**Problem requirements:** Go through the data below and copy each line that includes "many".

**Material supplied:**

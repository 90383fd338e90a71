//! Numbers in order, and where one stands among them.

use std::alloc::{AllocError, Global};

/// How many of the numbers, which ascend, are below this one.
pub(crate) fn count_below(numbers: &[usize], bound: usize) -> usize {
    let mut low = 0usize;
    let mut high = numbers.len();
    for _ in 0..64u8 {
        if low >= high {
            break;
        }
        let middle = low.wrapping_add(high.wrapping_sub(low) / 2);
        if at(numbers, middle) < bound {
            low = middle.wrapping_add(1);
        } else {
            high = middle;
        }
    }
    low
}

/// How many of them are at most this one.
pub(crate) fn count_up_to(numbers: &[usize], bound: usize) -> usize {
    count_below(numbers, bound.saturating_add(1))
}

/// The number at a place, and 0 past the last.
pub(crate) fn at(numbers: &[usize], place: usize) -> usize {
    numbers.get(place).copied().unwrap_or(0)
}

/// The item at a place, if there is one.
pub(crate) fn set(numbers: &mut Vec<usize>, place: usize, number: usize) {
    if let Some(old) = numbers.get_mut(place) {
        *old = number;
    }
}

/// So many copies of a number.
pub(crate) fn copies(alloc: Global, number: usize, count: usize) -> Result<Vec<usize>, AllocError> {
    let mut numbers = Vec::with_capacity(alloc, count)?;
    for _ in 0..count {
        numbers.push(number)?;
    }
    Ok(numbers)
}

/// The first parts of pairs.
pub(crate) fn keys(alloc: Global, pairs: &[(usize, usize)]) -> Result<Vec<usize>, AllocError> {
    let mut numbers = Vec::with_capacity(alloc, pairs.len())?;
    for pair in pairs {
        numbers.push(pair.0)?;
    }
    Ok(numbers)
}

**Written response:**
/// How many of the numbers, which ascend, are below this one.
/// How many of them are at most this one.
/// So many copies of a number.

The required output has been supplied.